11: On omelets: "It's amazing how few people in this world know how to properly make an omelet."
12: On the attitude of New York diners: "If you haven't tweeted about it, it didn't happen."
13: On a sweet roll: "It's the delicate interplay between the pistachios and the sweet — eh, fuck it, it's really good."
14: Reading from a guide book: "'It is illegal to walk with your hand up a woman's skirt, but while you you are on the metro, you may legally touch breasts.' Your own, or someone else's?"
15: On America's influence on French food: "Perhaps the most striking effect of the current food revolution in Paris is the appearance of not only American chefs, but also that symbol of cutting edge hipster foodie culture, the food truck."
16: On the dessert offerings of one food truck: "That ultimate symbol of hipster desserts: the cupcake. Jesus, what's happening to the France I love? Cupcakes. The end is clearly near."
17: On being in the middle of things: "You're on Île Saint-Louis, little spit of land in the middle of the Seine. Got your Left Bank over there, your Right Bank over there, you have some ice cream, you can have a couple drinks and get all Hemingway and shit. It's a nice place to be."
18: On running into a mime: "I thought at the time this just happened, but no, in an act of treachery unparalleled in human history, my Quisling-like producer set up this cruel ambush by this stripy-shirted nightmare, bringing me back to my darkest and most fearsomely repressed childhood trauma. An incident at a summer camp crafts fair where I was cruelly misused by a predatory mime, beaten and covered in grease paint and left for dead."
19: On post-mime trauma: "Nothing will wash away the stain of this moment. Oh look, shellfish tower!"
20: On getting revenge for the miming: "After the mime incident, I feel my producer is unlikely to protest when I get a really, really fucking expensive bottle of wine and the royale, deluxe version of the shellfish tower."
21: On the lasting effects of the mime incident: "I have post-mime stress disorder. Every time from now on I see a striped shirt I'm going to clench."
22: On the shellfish tower: "If there are two things you do in Paris — two, two — this is one of them."
23: On the musical tastes of mimes: "What music do mimes listen to? Spin Doctors?
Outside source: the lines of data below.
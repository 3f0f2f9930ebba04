//! The lines that tell what ends did, and which calls they refused.
#![tactic(auto)]

mod causes;
mod entries;
mod facts;
mod group_keys;
mod group_secrets;
mod lines;
mod lone_chunk;
mod lost;
mod nonces;
mod refusals;
mod sent;
mod tally;

pub use entries::push_entries;
pub use group_keys::GroupKeys;
pub use group_secrets::GroupSecrets;
pub use lost::push_lost;
pub use refusals::{push_call_refusal, push_open_refusal, push_row_refusal, push_seek_refusal};
pub use tally::{Tally, push_summary};
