//! The lines of calls that were refused.
ghost use Rattle.std.specs.Prelude.{◌≡◌, ◌++◌, OnOk};
ghost use Rattle.rtmfp_report.specs.RefusalText.{call_refusal_text, open_refusal_text, queue_refusal_text, refused_line, row_refusal_text, seek_refusal_text, start_refusal_text};

use crate::lines::push_head;
use endpoint::{CallRefusal, OpenRefusal, QueueRefusal, RowRefusal, SeekRefusal};
use glare_core::StartRefusal;
use rtmfp_text::{Name, Text};
use std::alloc::AllocError;

/// Adds the line of an attempt that the end with this name didn't open. Want of memory has no name;
/// it isn't reported.
pub fn push_open_refusal(
    line: u64,
    name: &Name,
    refusal: &OpenRefusal,
    text: &mut Text,
) -> Result<(), AllocError>
    ensures { OnOk result (text.new ≡ text.old
        ++ refused_line line name.now (open_refusal_text refusal.now)) }
{
    push_head(line, name, text)?;
    text.push("refused ")?;
    push_open_name(refusal, text)?;
    text.push("\n")?;
    Ok(())
}

/// Adds the line of a search that the end with this name didn't begin. Want of memory has no name;
/// it isn't reported.
pub fn push_seek_refusal(
    line: u64,
    name: &Name,
    refusal: &SeekRefusal,
    text: &mut Text,
) -> Result<(), AllocError>
    ensures { OnOk result (text.new ≡ text.old
        ++ refused_line line name.now (seek_refusal_text refusal.now)) }
{
    push_head(line, name, text)?;
    text.push("refused ")?;
    push_seek_name(refusal, text)?;
    text.push("\n")?;
    Ok(())
}

/// Adds why a search doesn't begin.
#[tactic(auto, unfolding(crate::specs::RefusalText::seek_refusal_text))]
fn push_seek_name(refusal: &SeekRefusal, text: &mut Text) -> Result<(), AllocError>
    ensures { OnOk result (text.new ≡ text.old ++ seek_refusal_text refusal.now) }
{
    match refusal {
        SeekRefusal::Candidates(count) => text.push_number_field("candidates ", *count),
        SeekRefusal::SessionsFull(limit) => text.push_number_field("sessions-full ", *limit),
        SeekRefusal::Memory => text.push(""),
    }
}

/// Adds the line of another call that the end with this name refused. Want of memory has no name;
/// it isn't reported.
pub fn push_call_refusal(
    line: u64,
    name: &Name,
    refusal: &CallRefusal,
    text: &mut Text,
) -> Result<(), AllocError>
    ensures { OnOk result (text.new ≡ text.old
        ++ refused_line line name.now (call_refusal_text refusal.now)) }
{
    push_head(line, name, text)?;
    text.push("refused ")?;
    push_call_name(refusal, text)?;
    text.push("\n")?;
    Ok(())
}

/// Adds the line of a row of addresses that the end with this name didn't add. Want of memory has
/// no name; it isn't reported.
pub fn push_row_refusal(
    line: u64,
    name: &Name,
    refusal: &RowRefusal,
    text: &mut Text,
) -> Result<(), AllocError>
    ensures { OnOk result (text.new ≡ text.old
        ++ refused_line line name.now (row_refusal_text refusal.now)) }
{
    push_head(line, name, text)?;
    text.push("refused ")?;
    push_row_name(refusal, text)?;
    text.push("\n")?;
    Ok(())
}

/// Adds why a row of addresses isn't added.
#[tactic(auto, unfolding(crate::specs::RefusalText::row_refusal_text))]
fn push_row_name(refusal: &RowRefusal, text: &mut Text) -> Result<(), AllocError>
    ensures { OnOk result (text.new ≡ text.old ++ row_refusal_text refusal.now) }
{
    match refusal {
        RowRefusal::Candidates(count) => text.push_number_field("candidates ", *count),
        RowRefusal::RowsFull(limit) => text.push_number_field("rows-full ", *limit),
        RowRefusal::Memory => text.push(""),
    }
}

/// Adds why an attempt isn't opened.
#[tactic(auto, unfolding(crate::specs::RefusalText::open_refusal_text))]
fn push_open_name(refusal: &OpenRefusal, text: &mut Text) -> Result<(), AllocError>
    ensures { OnOk result (text.new ≡ text.old ++ open_refusal_text refusal.now) }
{
    match refusal {
        OpenRefusal::Candidates(count) => text.push_number_field("candidates ", *count),
        OpenRefusal::Start(start) => push_start_name(start, text),
        OpenRefusal::SessionsFull(limit) => text.push_number_field("sessions-full ", *limit),
        OpenRefusal::Memory => text.push(""),
    }
}

/// Adds why no attempt starts.
#[tactic(auto, unfolding(crate::specs::RefusalText::start_refusal_text))]
fn push_start_name(refusal: &StartRefusal, text: &mut Text) -> Result<(), AllocError>
    ensures { OnOk result (text.new ≡ text.old ++ start_refusal_text refusal.now) }
{
    match refusal {
        StartRefusal::Opening(n) => text.push_number_field("opening ", *n),
        StartRefusal::Open(near) => text.push_number_field("open ", u64::from(*near)),
        StartRefusal::PeersFull(limit) => text.push_number_field("peers-full ", *limit),
        StartRefusal::AttemptsSpent => text.push("attempts-spent"),
        StartRefusal::OwnPrint => text.push("own-print"),
        StartRefusal::Memory => text.push(""),
    }
}

/// Adds why another call is refused.
#[tactic(auto, unfolding(crate::specs::RefusalText::call_refusal_text))]
fn push_call_name(refusal: &CallRefusal, text: &mut Text) -> Result<(), AllocError>
    ensures { OnOk result (text.new ≡ text.old ++ call_refusal_text refusal.now) }
{
    match refusal {
        CallRefusal::NoAttempt => text.push("no-attempt"),
        CallRefusal::NoSession => text.push("no-session"),
        CallRefusal::NoFlow => text.push("no-flow"),
        CallRefusal::FlowsFull(limit) => text.push_number_field("flows-full ", *limit),
        CallRefusal::WideMetadata(size) => text.push_number_field("wide-metadata ", *size),
        CallRefusal::Queue(refusal) => push_queue_name(refusal, text),
        CallRefusal::NotQueued => text.push("not-queued"),
        CallRefusal::Finished => text.push("finished"),
        CallRefusal::NextKnown(generation) => text.push_number_field("next-known ", *generation),
        CallRefusal::GenerationsSpent => text.push("generations-spent"),
        CallRefusal::SameSecret => text.push("same-secret"),
        CallRefusal::NoNext => text.push("no-next"),
        CallRefusal::Memory => text.push(""),
    }
}

/// Adds why a message isn't queued.
#[tactic(auto, unfolding(crate::specs::RefusalText::queue_refusal_text))]
fn push_queue_name(refusal: &QueueRefusal, text: &mut Text) -> Result<(), AllocError>
    ensures { OnOk result (text.new ≡ text.old ++ queue_refusal_text refusal.now) }
{
    match refusal {
        QueueRefusal::TooLong(most) => text.push_number_field("too-long ", *most),
        QueueRefusal::Backlog(held) => text.push_number_field("backlog ", *held),
        QueueRefusal::Finished => text.push("finished"),
        QueueRefusal::SequenceSpent => text.push("sequence-spent"),
        QueueRefusal::Memory => text.push(""),
    }
}
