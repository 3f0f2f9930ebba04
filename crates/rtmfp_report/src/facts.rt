//! The texts of facts.
ghost use Rattle.std.specs.Prelude.{◌≡◌, ◌++◌, OnOk};
ghost use Rattle.rtmfp_report.specs.FactText.{ended_text, fact_text, joined_text, why_text};

use crate::nonces::push_nonce;
use glare_core::{Fact, Joined, Why};
use rtmfp_text::{Directory, Text};
use std::alloc::AllocError;

/// Adds a fact. Its peer is called as among these ends.
#[tactic(auto, unfolding(crate::specs::FactText::fact_text))]
pub(crate) fn push_fact(ends: &Directory, fact: &Fact, text: &mut Text) -> Result<(), AllocError>
    ensures { OnOk result (text.new ≡ text.old ++ fact_text ends.now fact.now) }
{
    match fact {
        Fact::Started { peer, n, near, ni } => push_started(
            ends,
            peer,
            *n,
            u64::from(*near),
            ni,
            text,
        ),
        Fact::Born(joined) => push_born(ends, joined, text),
        Fact::Opened(joined) => push_opened(ends, joined, text),
        Fact::Confirmed { near, .. } => text.push_number_field("confirmed near=", u64::from(*near)),
        Fact::Ended { near, why, .. } => push_ended(u64::from(*near), *why, text),
    }
}

fn push_started(
    ends: &Directory,
    peer: &[u8; 32],
    n: u64,
    near: u64,
    ni: &[u8; 16],
    text: &mut Text,
) -> Result<(), AllocError>
    ensures { OnOk result (text.new ≡ text.old
        ++ fact_text ends.now (Fact.Started peer.now n near ni.now)) }
{
    text.push("started peer=")?;
    ends.push_peer(peer, text)?;
    text.push_number_field(" n=", n)?;
    text.push_number_field(" near=", near)?;
    text.push(" ni=")?;
    push_nonce(ni, text)?;
    Ok(())
}

fn push_born(ends: &Directory, joined: &Joined, text: &mut Text) -> Result<(), AllocError>
    ensures { OnOk result (text.new ≡ text.old ++ fact_text ends.now (Fact.Born joined.now)) }
{
    text.push("born ")?;
    push_joined(ends, joined, text)?;
    Ok(())
}

fn push_opened(ends: &Directory, joined: &Joined, text: &mut Text) -> Result<(), AllocError>
    ensures { OnOk result (text.new ≡ text.old ++ fact_text ends.now (Fact.Opened joined.now)) }
{
    text.push("opened ")?;
    push_joined(ends, joined, text)?;
    Ok(())
}

/// Adds the values of a session. Its other end is called as among these ends.
fn push_joined(ends: &Directory, joined: &Joined, text: &mut Text) -> Result<(), AllocError>
    ensures { OnOk result (text.new ≡ text.old ++ joined_text ends.now joined.now) }
{
    text.push("peer=")?;
    ends.push_peer(&joined.peer, text)?;
    text.push_number_field(" n=", joined.n)?;
    text.push_number_field(" near=", u64::from(joined.near))?;
    text.push_number_field(" far=", u64::from(joined.far))?;
    text.push(" ni=")?;
    push_nonce(&joined.ni, text)?;
    text.push(" nr=")?;
    push_nonce(&joined.nr, text)?;
    text.push_number_field(" k=", joined.k)?;
    Ok(())
}

fn push_ended(near: u64, why: Why, text: &mut Text) -> Result<(), AllocError>
    ensures { OnOk result (text.new ≡ text.old ++ ended_text near why) }
{
    text.push_number_field("ended near=", near)?;
    text.push(" ")?;
    text.push(why_name(why))?;
    Ok(())
}

/// Adds a reason for an end.
pub(crate) fn push_why(why: Why, text: &mut Text) -> Result<(), AllocError>
    ensures { OnOk result (text.new ≡ text.old ++ why_text why) }
{
    text.push(why_name(why))
}

/// What a reason for an end is called.
#[tactic(auto, unfolding(crate::specs::FactText::why_text))]
fn why_name(why: Why) -> &'static str
    ensures { result.now ≡ why_text why }
{
    match why {
        Why::Cancelled => "cancelled",
        Why::Expired => "expired",
        Why::Glare => "glare",
        Why::Override => "override",
        Why::Unconfirmed => "unconfirmed",
        Why::Near => "near",
        Why::Far => "far",
        Why::Idle => "idle",
    }
}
Yeah, they listen to Spin Doctors, Hootie and the Blowfish. If you go to any mime's apartment there's a Natalie Merchant record. Guarantee."
24: To a clam while trying to get it off the shell: "Aw, jeez, second time today something squirted on my chest. First was the mime, now a clam."
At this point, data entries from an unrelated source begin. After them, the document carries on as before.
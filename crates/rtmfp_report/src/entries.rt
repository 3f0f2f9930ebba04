//! The lines of what ends did.
ghost use Rattle.std.specs.Prelude.{◌≡◌, ◌++◌, IfOk, OnOk};
ghost use Rattle.rtmfp_report.specs.EntryText.{advanced_text, closed_text, learnt_text, sought_text, unsought_text, counted_after, drop_text, entries_text, entry_text, flow_opened_text, handed_text, moved_text, numbered_text, queued_text, sent_after, told_text};

use crate::causes::push_cause;
use crate::facts::{push_fact, push_why};
use crate::group_keys::GroupKeys;
use crate::lines::push_head;
use crate::sent::push_sent;
use endpoint::Entry;
use glare_core::Why;
use rtmfp_base::Cause;
use rtmfp_forms::Address;
use rtmfp_text::{Directory, Name, Text, push_address};
use std::alloc::AllocError;

/// Adds the lines of what the end with this name did in a line of the script, one for each entry,
/// in their order. The peers of facts are called as among `ends`. `sent` datagrams were sent
/// before; it gives how many were sent after.
///
/// The names of the chunks of a datagram are found by the group's keys, which keep those of the
/// sessions that sent; `scratch` holds the datagram meanwhile, and its memory is used again. More
/// than 2^64-1 datagrams count as want of memory.
pub fn push_entries(
    keys: &mut GroupKeys,
    ends: &Directory,
    line: u64,
    name: &Name,
    sent: u64,
    entries: &[Entry],
    scratch: &mut Vec<u8>,
    text: &mut Text,
) -> Result<u64, AllocError>
    ensures text { OnOk result (text.new ≡ text.old
        ++ entries_text keys.old ends.now line name.now sent entries.now) }
    ensures count { IfOk result (λ count. count ≡ sent_after sent entries.now) }
    ensures keys { keys.new ≡ keys.old }
{
    keys.learn(entries);
    let mut count = sent;
    let mut rest = entries;
    while let [entry, others @ ..] = rest {
        count = count_after(count, entry)?;
        push_entry(keys, ends, line, name, count, entry, scratch, text)?;
        rest = others;
    }
    Ok(count)
}

/// How many datagrams were sent after an entry.
fn count_after(sent: u64, entry: &Entry) -> Result<u64, AllocError>
    ensures { IfOk result (λ count. count ≡ counted_after sent entry.now) }
{
    let Entry::Out { .. } = entry else {
        return Ok(sent);
    };
    sent.checked_add(1).ok_or(AllocError)
}

/// Adds the line of an entry.
fn push_entry(
    keys: &GroupKeys,
    ends: &Directory,
    line: u64,
    name: &Name,
    number: u64,
    entry: &Entry,
    scratch: &mut Vec<u8>,
    text: &mut Text,
) -> Result<(), AllocError>
    ensures { OnOk result (text.new ≡ text.old
        ++ entry_text keys.now ends.now line name.now number entry.now) }
{
    push_head(line, name, text)?;
    push_told(keys, ends, number, entry, scratch, text)?;
    text.push("\n")?;
    Ok(())
}

/// Adds what an entry tells. A datagram that goes out has this number.
fn push_told(
    keys: &GroupKeys,
    ends: &Directory,
    number: u64,
    entry: &Entry,
    scratch: &mut Vec<u8>,
    text: &mut Text,
) -> Result<(), AllocError>
    ensures { OnOk result (text.new ≡ text.old ++ told_text keys.now ends.now number entry.now) }
{
    match entry {
        Entry::Fact(fact) => push_fact(ends, fact, text),
        Entry::Closed { near } => push_closed(u64::from(*near), text),
        Entry::Sought { near, name } => push_sought(u64::from(*near), name.bytes(), text),
        Entry::Unsought { near, why } => push_unsought(u64::from(*near), *why, text),
        Entry::Moved { near, to } => push_moved(u64::from(*near), to, text),
        Entry::Learnt { generation } => push_learnt(*generation, text),
        Entry::Advanced { generation } => push_advanced(*generation, text),
        Entry::FlowOpened { near, flow } => push_flow_opened(u64::from(*near), *flow, text),
        Entry::Queued {
            near,
            flow,
            seq,
            message,
        } => push_queued(u64::from(*near), *flow, *seq, message.len() as u64, text),
        Entry::Finished { near, flow, seq } => {
            push_numbered("finished", u64::from(*near), *flow, *seq, text)
        }
        Entry::Abandoned { near, flow, seq } => {
            push_numbered("abandoned", u64::from(*near), *flow, *seq, text)
        }
        Entry::Handed {
            near,
            flow,
            seq,
            message,
        } => push_handed(u64::from(*near), *flow, *seq, message.bytes(), text),
        Entry::Discard { place, cause } => push_drop(u64::from(*place), cause, text),
        Entry::Out {
            to,
            datagram,
            context,
        } => push_sent(keys, number, to, datagram.bytes(), context, scratch, text),
    }
}

/// Adds that the closing of the session with this session ID is over.
#[tactic(auto, unfolding(crate::specs::EntryText::closed_text))]
fn push_closed(near: u64, text: &mut Text) -> Result<(), AllocError>
    ensures { OnOk result (text.new ≡ text.old ++ closed_text near) }
{
    text.push_number_field("closed near=", near)
}

/// Adds that a search began: its session ID, and the name that it is for.
fn push_sought(near: u64, name: &[u8], text: &mut Text) -> Result<(), AllocError>
    ensures { OnOk result (text.new ≡ text.old ++ sought_text near name.now) }
{
    text.push_number_field("sought near=", near)?;
    text.push_field(" name=", name)?;
    Ok(())
}

/// Adds that a search is over: its session ID, and why.
fn push_unsought(near: u64, why: Why, text: &mut Text) -> Result<(), AllocError>
    ensures { OnOk result (text.new ≡ text.old ++ unsought_text near why) }
{
    text.push_number_field("unsought near=", near)?;
    text.push(" ")?;
    push_why(why, text)?;
    Ok(())
}

/// Adds that a session moved: its session ID, and the new address.
fn push_moved(near: u64, to: &Address, text: &mut Text) -> Result<(), AllocError>
    ensures { OnOk result (text.new ≡ text.old ++ moved_text near to.now) }
{
    text.push_number_field("moved near=", near)?;
    text.push(" ")?;
    push_address(to, text)?;
    Ok(())
}

/// Adds that a generation of the group's secret was learnt.
#[tactic(auto, unfolding(crate::specs::EntryText::learnt_text))]
fn push_learnt(generation: u64, text: &mut Text) -> Result<(), AllocError>
    ensures { OnOk result (text.new ≡ text.old ++ learnt_text generation) }
{
    text.push_number_field("learnt ", generation)
}

/// Adds that a generation of the group's secret became the current one.
#[tactic(auto, unfolding(crate::specs::EntryText::advanced_text))]
fn push_advanced(generation: u64, text: &mut Text) -> Result<(), AllocError>
    ensures { OnOk result (text.new ≡ text.old ++ advanced_text generation) }
{
    text.push_number_field("advanced ", generation)
}

/// Adds that a flow was opened: the session ID, and its own ID.
fn push_flow_opened(near: u64, flow: u64, text: &mut Text) -> Result<(), AllocError>
    ensures { OnOk result (text.new ≡ text.old ++ flow_opened_text near flow) }
{
    text.push_number_field("flow near=", near)?;
    text.push_number_field(" id=", flow)?;
    Ok(())
}

/// Adds what was done in a flow, and the session ID, the flow and the number that it was done with.
fn push_numbered(
    what: &str,
    near: u64,
    flow: u64,
    seq: u64,
    text: &mut Text,
) -> Result<(), AllocError>
    ensures { OnOk result (text.new ≡ text.old ++ numbered_text what.now near flow seq) }
{
    text.push(what)?;
    text.push_number_field(" near=", near)?;
    text.push_number_field(" flow=", flow)?;
    text.push_number_field(" seq=", seq)?;
    Ok(())
}

/// Adds that a message was queued, and how many bytes it has.
fn push_queued(near: u64, flow: u64, seq: u64, size: u64, text: &mut Text) -> Result<(), AllocError>
    ensures { OnOk result (text.new ≡ text.old ++ queued_text near flow seq size) }
{
    push_numbered("queued", near, flow, seq, text)?;
    text.push_number_field(" length=", size)?;
    Ok(())
}

/// Adds that a message is handed over, and its bytes.
fn push_handed(
    near: u64,
    flow: u64,
    seq: u64,
    message: &[u8],
    text: &mut Text,
) -> Result<(), AllocError>
    ensures { OnOk result (text.new ≡ text.old ++ handed_text near flow seq message.now) }
{
    push_numbered("handed", near, flow, seq, text)?;
    text.push_field(" ", message)?;
    Ok(())
}

/// Adds a discard: its place, and its cause.
fn push_drop(place: u64, cause: &Cause, text: &mut Text) -> Result<(), AllocError>
    ensures { OnOk result (text.new ≡ text.old ++ drop_text place cause.now) }
{
    text.push_number_field("drop ", place)?;
    text.push(" ")?;
    push_cause(cause, text)?;
    Ok(())
}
25: On his plans for the afternoon: "Gonna finish that bottle of wine, go back to the park, and beat Mr. Mime to death."
26: On what he's bringing back as a souvenir: "A duck press: the most medieval of all kitchen tools."
27: On Shakespeare & Co.: "If, like Woody Allen, you need to reassert your credentials as a deep thinker, and you love a good Djuna Barnes joke, if you're the sort of person who'd buy Owen Wilson as a great writer in a movie, then this is a must-stop. But for me, on this trip, my toys are torture related."
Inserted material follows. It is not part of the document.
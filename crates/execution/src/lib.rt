// The run from text to text: plan and table are read, tested and decoded once, and the plan is run over the rows.
#![tactic(auto)]

pub mod below;
pub mod texts;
28: On duck presses: "There are maybe two restaurants in New York that have one of these, and my house. Awesome."
29: On the undeniable fact that the duck press is very noisy: "The neighbors will be like, 'Aw, he's making duck again.'"
30: On the future of French dining: "There will be places that look like this [wine bar] in a hundred years. But the big dining rooms, I wonder, who will be the customers? In twenty years? Russians and Chinese."
31: In sum: "Most of us are lucky to see Paris once in a lifetime. Please, make the most of it by doing as little as possible. Walk a little. Get lost a bit. Eat. Catch a breakfast buzz. Have a nap. Try and have sex if you can, just not with a mime. Eat again. Lounge around drinking coffee. Maybe read a book. Drink some wine. Eat. Repeat. See? It's easy."